A child doesn’t care about the reasons his parents are separating—he can only feel the pain. When Johnny breaks into sobs as his father drives away I winced. And I winced again when Sally dresses him in a Little Lord Fontelroy suit replete with a lace collar! Of course, this happens to be the day when he meets the Fayer brothers, who are playing in the yard of their shack with a litter of pups. After these crackers announce their intention to drown the runt of the litter they have some sport mocking Johnny’s girly clothes. He runs off in tears. Ginny, the Fayer’s kid sister, snatches the dog from her brothers and catches up with the new boy. She tells him that “Teenchy” is her dog and wants Johnny to have him. In exchange Johnny gives Ginny his lace collar, which she adores, and a friendship is born.

Although Teenchy is just what Johnny needs right now, Sally commands him to take it back where he got it. Johnny convinces Uncle Remus to board the dog. When Sally finds out she accuses the old man is conspiring with her son to disobey her, and orders Remus to stay away from him. Deeply saddened by her misunderstanding of his good intentions Remus packs his bags and heads out in a wagon for Atlanta, his long life on the plantation at an end. (I wondered fifty years ago, and again on this night, what kind of mother would do these things.) From a distance Johnny is alarmed to see the old man leaving and runs to stop him, taking a shortcut through a pasture, forgetting that this pasture is the home of a bull, which flies into a rage and attacks.

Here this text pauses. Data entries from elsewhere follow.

//! The edits that rename a name.

ghost use Rattle.std.specs.Prelude.{◌≡◌, IfOk, Some, if◌then◌else◌, map, option_map};
ghost use Rattle.std.specs.Prelude.{option_to_list};
ghost use Rattle.serde_json.specs.Data.{Members};
ghost use Rattle.serde_json.specs.View.{view};
ghost use Rattle.std.specs.List.{flat_map};
ghost use Rattle.isle_lsp_features.specs.Programs.{text_of};
ghost use Rattle.isle_resolve.specs.Names.{named_of};
ghost use Rattle.isle_index.specs.Occurrences.{name_at, occurrence_at};
ghost use Rattle.isle_index.specs.Held.{all_in};
ghost use Rattle.isle_index.specs.Renaming.{part_view};
ghost use Rattle.isle_lsp_features.specs.Answers.{ArePlaced, IsRenaming, IsRenamingOf};
ghost use Rattle.isle_lsp_features.specs.Renamed as wanted;
ghost use Rattle.isle_lsp_protocol.specs.Items.{item_data, items_data, listing_data};
ghost use Rattle.isle_lsp_protocol.specs.Items.{plain_changes, with_changes};
ghost use Rattle.isle_lsp_protocol.specs.Parameters as parameters;
ghost use Rattle.isle_lsp_protocol.specs.Replies.{outcome_of};
ghost use Rattle.isle_lsp_protocol.specs.Results.{workspace_edit};
ghost use Rattle.isle_lsp_text.specs.Positions.{IsPlace};

use crate::places::Place;
use crate::{Question, Text};
use isle_base::lexer::Pos;
use isle_index::{Index, Kind, Name, Occurrence, Part, Refusal};
use isle_lsp_protocol::items::{Item, Listing};
use isle_lsp_protocol::machine::ErrorCode;
use isle_lsp_protocol::parameters::new_name_of;
use isle_lsp_protocol::replies::{Outcome, error_outcome};
use isle_lsp_protocol::results::range_value;
use isle_lsp_text::numbers::is_behind_number;
use isle_lsp_text::positions::{Place as TextPlace, Range, START};
use isle_lsp_text::ranges::{range_at, range_near};
use serde_json::Value;
use std::alloc::{AllocError, Global};

/// The message if a rename would edit a text that other programs share.
const SHARED: &str = "the name is used in a file that other programs share: rename it there";

/// The message if a rename would edit a name that directly follows a number.
const GLUED: &str = "a use of the name directly follows a number: put a space between them";

/// The range of the part of the name at a place that a renaming changes, or null if there is no
/// name that can be renamed.
pub fn prepare(alloc: Global, index: &Index, place: Place) -> Result<Value, AllocError>
    ensures { let all = all_in index.now in IfOk result (λ value. view value
        ≡ wanted.prepared place.entry.encoding place.entry.text.now all
        (wanted.renamable (name_at place.entry.pos all) all)
        (occurrence_at place.entry.pos all)) }
{
    match renamable_at(alloc, index, place.pos)? {
        Some(name) => {
            let part = index.part_of(alloc, &name)?;
            name_range(alloc, place, &name, &part, index.occurrence_at(place.pos))
        }
        None => Ok(Value::Null),
    }
}

/// The name at a position, if it can be renamed at all.
fn renamable_at(alloc: Global, index: &Index, pos: Pos) -> Result<Option<Name>, AllocError>
    ensures { let all = all_in index.now in IfOk result (λ name. option_map named_of name
        ≡ wanted.renamable (name_at pos all) all) }
{
    match index.name_at(alloc, pos)? {
        Some(name) => {
            if index.can_be_renamed(alloc, &name)? {
                Ok(Some(name))
            } else {
                Ok(None)
            }
        }
        None => Ok(None),
    }
}

/// The range of the part of a name that a renaming changes at an occurrence, or null if there is
/// none.
fn name_range(
    alloc: Global,
    place: Place,
    name: &Name,
    part: &Part,
    occurrence: Option<Occurrence>,
) -> Result<Value, AllocError>
    ensures { IfOk result (λ value. view value ≡ wanted.place_range place.entry.encoding
        place.entry.text.now (named_of name.now) (part_view part.now) occurrence) }
{
    match occurrence {
        Some(occurrence) => {
            let offset = part_offset(place.text, name, part, occurrence.pos);
            let range = range_at(place.encoding, place.text, offset, part.len());
            range_value(alloc, range)
        }
        None => Ok(Value::Null),
    }
}

/// The number of bytes in front of the part of a name that gets the new text, where the name is at
/// `pos`: the `$` of a constant, and of a variant its type and the dot.
fn skipped(name: &Name, part: &Part, pos: Pos) -> usize
    ensures { result ≡ wanted.skipped (named_of name.now) (part_view part.now) pos }
{
    match name {
        Name::Global {
            kind: Kind::Constant,
            ..
        } => 1,
        _ => part.front_len(pos),
    }
}

/// The offset of the part in a text, where the name is at `pos`.
fn part_offset(text: &str, name: &Name, part: &Part, pos: Pos) -> usize
    ensures { result
        ≡ wanted.part_offset text.now (named_of name.now) (part_view part.now) pos }
{
    pos.offset.min(text.len()) + skipped(name, part, pos).min(text.len())
}

/// The edits that rename the name at a place, or why it cannot be renamed.
pub fn rename<'a>(
    alloc: Global,
    program: &[Text<'a>],
    index: &Index,
    place: Place,
    question: Question,
) -> Result<Outcome<'a>, AllocError>
    ensures { let all = all_in index.now in IfOk result (λ outcome. IsRenamingOf
        question.entry.takes_document_changes (map text_of program.now) all
        (name_at place.entry.pos all)
        (parameters.new_name_of (view question.entry.message.now)) (outcome_of outcome)) }
{
    let Some(new) = new_name_of(question.message) else {
        return Ok(error_outcome(ErrorCode::InvalidParams));
    };
    match index.name_at(alloc, place.pos)? {
        Some(name) => {
            let takes = question.takes_document_changes;
            rename_name(alloc, program, index, &name, new, takes)
        }
        None => Ok(Outcome::Failed(ErrorCode::RequestFailed, "there is no name to rename")),
    }
}

/// The edits that rename a name, or why it cannot be renamed.
fn rename_name<'a>(
    alloc: Global,
    program: &[Text<'a>],
    index: &Index,
    name: &Name,
    new: &str,
    takes_document_changes: bool,
) -> Result<Outcome<'a>, AllocError>
    ensures { IfOk result (λ outcome. IsRenaming takes_document_changes (map text_of program.now)
        (all_in index.now) (named_of name.now) new.now (outcome_of outcome)) }
{
    let part = index.part_of(alloc, name)?;
    match index.rename(alloc, name, new)? {
        Ok(places) => edits_at(
            alloc,
            program,
            name,
            &part,
            new,
            &places,
            takes_document_changes,
        ),
        Err(refusal) => Ok(Outcome::Failed(ErrorCode::RequestFailed, reason_of(refusal))),
    }
}

/// The edits that put the new text at these positions, or why it can't be put there.
fn edits_at<'a>(
    alloc: Global,
    program: &[Text<'a>],
    name: &Name,
    part: &Part,
    new: &str,
    places: &[Pos],
    takes_document_changes: bool,
) -> Result<Outcome<'a>, AllocError>
    ensures { IfOk result (λ outcome. ArePlaced takes_document_changes (map text_of program.now)
        (named_of name.now) (part_view part.now) new.now places.now (outcome_of outcome)) }
{
    if are_shared(program, places) {
        return Ok(Outcome::Failed(ErrorCode::RequestFailed, SHARED));
    }
    if are_glued(program, name, part, places) {
        return Ok(Outcome::Failed(ErrorCode::RequestFailed, GLUED));
    }
    let changes = changes(alloc, program, name, part, new, places)?;
    Ok(Outcome::Listed(listing_of(takes_document_changes, changes)))
}

/// Returns whether one of the positions is in a text that other programs share.
fn are_shared(program: &[Text], places: &[Pos]) -> bool
    ensures { result ≡ wanted.are_shared (map text_of program.now) places.now }
{
    for pos in places {
        if is_shared_at(program, *pos) {
            return true;
        }
    }
    false
}

/// Returns whether a position is in a text that other programs share.
fn is_shared_at(program: &[Text], pos: Pos) -> bool
    ensures { result ≡ wanted.is_shared_at (map text_of program.now) pos }
{
    match program.get(pos.file) {
        Some(text) => text.is_shared,
        None => false,
    }
}

/// Returns whether the part of a name that gets the new text directly follows a number at one of
/// the positions.
fn are_glued(program: &[Text], name: &Name, part: &Part, places: &[Pos]) -> bool
    ensures { result ≡ wanted.are_glued (map text_of program.now) (named_of name.now)
        (part_view part.now) places.now }
{
    for pos in places {
        if is_glued_at(program, name, part, *pos) {
            return true;
        }
    }
    false
}

/// Returns whether the part of a name directly follows a number at a position.
fn is_glued_at(program: &[Text], name: &Name, part: &Part, pos: Pos) -> bool
    ensures { result ≡ wanted.is_glued_at (map text_of program.now) (named_of name.now)
        (part_view part.now) pos }
{
    is_glued_text(program.get(pos.file), name, part, pos)
}

/// Returns whether the part of a name that is at `pos` directly follows a number in a text.
fn is_glued_text(source: Option<&Text>, name: &Name, part: &Part, pos: Pos) -> bool
    ensures { result ≡ wanted.is_glued_text (option_map (λ s. text_of s.now) source.entry)
        (named_of name.now) (part_view part.now) pos }
{
    match source {
        Some(source) => is_glued_in(source.text, name, part, pos),
        None => false,
    }
}

/// Returns whether the part of a name that is at `pos` directly follows a number.
fn is_glued_in(text: &str, name: &Name, part: &Part, pos: Pos) -> bool
    ensures { result
        ≡ wanted.is_glued_in text.now (named_of name.now) (part_view part.now) pos }
{
    is_behind_number(text, part_offset(text, name, part, pos))
}

/// Changes as the client takes them.
fn listing_of(takes_document_changes: bool, changes: Vec<Item>) -> Listing
    ensures { listing_data result ≡ if takes_document_changes
        then workspace_edit (items_data changes.entry.items)
        else plain_changes changes.entry.items }
{
    if takes_document_changes {
        Listing::Changes(changes)
    } else {
        Listing::PlainChanges(changes)
    }
}

/// The message of a refusal.
fn reason_of(refusal: Refusal) -> &'static str
    ensures { result.now ≡ wanted.reason_of refusal }
{
    match refusal {
        Refusal::NotAName => "not a valid ISLE identifier",
        Refusal::Undefined => "the name is not defined in the workspace",
        Refusal::Variant => "a variant of another type is the same term",
        Refusal::Taken => "the new name is already in use",
        Refusal::Captured => "the new name would shadow, or be shadowed by, another variable",
    }
}

/// The edits at these places, text by text.
fn changes<'a>(
    alloc: Global,
    program: &[Text<'a>],
    name: &Name,
    part: &Part,
    new: &str,
    places: &[Pos],
) -> Result<Vec<Item<'a>>, AllocError>
    ensures documents { IfOk result (λ items. workspace_edit (items_data items.items)
        ≡ wanted.document_changes (map text_of program.now) (named_of name.now)
        (part_view part.now) new.now
        places.now) }
    ensures plain { IfOk result (λ items. plain_changes items.items
        ≡ wanted.plain_changes (map text_of program.now) (named_of name.now)
        (part_view part.now) new.now places.now) }
{
    let mut items = Vec::new(alloc);
    for (number, source) in program.iter().enumerate() {
        if let Some(item) = change_in(alloc, number, *source, name, part, new, places)? {
            items.push(item)?;
        }
    }
    Ok(items)
}

/// The edits in a text, if there are any.
fn change_in<'a>(
    alloc: Global,
    number: usize,
    source: Text<'a>,
    name: &Name,
    part: &Part,
    new: &str,
    places: &[Pos],
) -> Result<Option<Item<'a>>, AllocError>
    ensures documents { IfOk result (λ item. option_to_list (option_map item_data item)
        ≡ wanted.change_in number (text_of source.entry) (named_of name.now)
        (part_view part.now) new.now places.now) }
    ensures plain { IfOk result (λ item. (changes : Members)
        → with_changes (option_to_list item) changes
        ≡ wanted.with_change (text_of source.entry) new.now
        (flat_map (wanted.range_in source.entry.encoding number source.entry.text.now
        (named_of name.now) (part_view part.now)) places.now)
        changes) }
{
    let ranges = ranges_in(alloc, number, source, name, part, places)?;
    if ranges.is_empty() {
        return Ok(None);
    }
    Ok(Some(Item::Edits {
        uri: source.uri,
        version: source.version,
        ranges,
        text: String::from_str(alloc, new)?,
    }))
}

/// The ranges at those places that are in the text with this number.
fn ranges_in(
    alloc: Global,
    number: usize,
    source: Text,
    name: &Name,
    part: &Part,
    places: &[Pos],
) -> Result<Vec<Range>, AllocError>
    ensures { IfOk result (λ ranges. ranges.items ≡ flat_map (wanted.range_in
        source.entry.encoding number source.entry.text.now (named_of name.now)
        (part_view part.now)) places.now) }
{
    let mut ranges = Vec::new(alloc);
    let mut near = START;
    for pos in places {
        if let Some(range) = range_in(number, source, &mut near, name, part, *pos) {
            ranges.push(range)?;
        }
    }
    Ok(ranges)
}

/// The range at a place, if it is in the text with this number.
fn range_in(
    number: usize,
    source: Text,
    near: &mut TextPlace,
    name: &Name,
    part: &Part,
    pos: Pos,
) -> Option<Range>
    requires { IsPlace source.encoding source.text.now near.old }
    ensures range { option_to_list result ≡ wanted.range_in source.entry.encoding number
        source.entry.text.now (named_of name.now) (part_view part.now) pos }
    ensures near { IsPlace source.entry.encoding source.entry.text.now near.new }
{
    if pos.file != number {
        return None;
    }
    let offset = part_offset(source.text, name, part, pos);
    let len = part.len();
    Some(range_near(source.encoding, source.text, near, offset, len))
}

As Johnny hangs on to life his father returns from the city and promises not to leave his side again. Delirious, Johnny calls for Uncle Remus. When the old man shows up he takes the boy’s hand and tells him to keep in mind the Brer Rabbit story about The Laughing Place, the place everyone ought to cultivate in their imaginations for the times when the going gets tough. We hear his words, but what we are moved by is the poignant image of the small, frail white hand held by the large, strong black one. 

I remembered feeling envious of the attention Johnny was getting. Then I suddenly recalled with a whoosh of vertigo an incident I hadn’t thought about since my year in the dark. When I was Johnny’s age there was a ragman who patrolled the alleys of Great Falls with a hand-pulled wagon heaped with oddments of trash he scavenged to sell as scrap. My father, an unapologetic redneck raised on an East Texas cotton farm, called this man Old Black Joe, and warned me to stay away. But after I saw Song of the South I began following Joe, first at a distance, and later closer. Then one hot and windy morning he spun around with a broom handle in his fist and ordered me to leave him alone. He was so drunk he was reeling.

As Song ends we are relieved to see a happy and fully recovered Johnny skipping down a country lane with Toby, Ginny and Teenchy the dog, who has avoided the Fayer boys to live another day. Bringing up the rear is Uncle Remus, singing “Zip-A-Dee-Doo-Dah” . . . It’s the truth, it’s actual, ev’rything is satisfactual.

Well, yes, I know that the film was shot in a drainage ditch outside Phoenix, Arizona, because the producers couldn’t find a suitable location in Georgia. I know that Bobby Driscoll, the child actor who played Johnny, later Jim Hawkins in Treasure Island, and then the voice of Peter Pan, died in poverty at the age of 31 from hepatitis caused by heroin addiction, and was buried as a “John Doe” in a common grave before his remains were identified a year later. (Like many child actors, when Driscoll got older and was no longer cute his career ended. Disney, he told a reporter, “carried me on a satin pillow, then dumped me in the garbage.”) And I know that the black work songs we hear sound more like shopping music than the blues.

But this time around, when Song of the South ended and the lights came on, there wasn’t a dry eye in the house.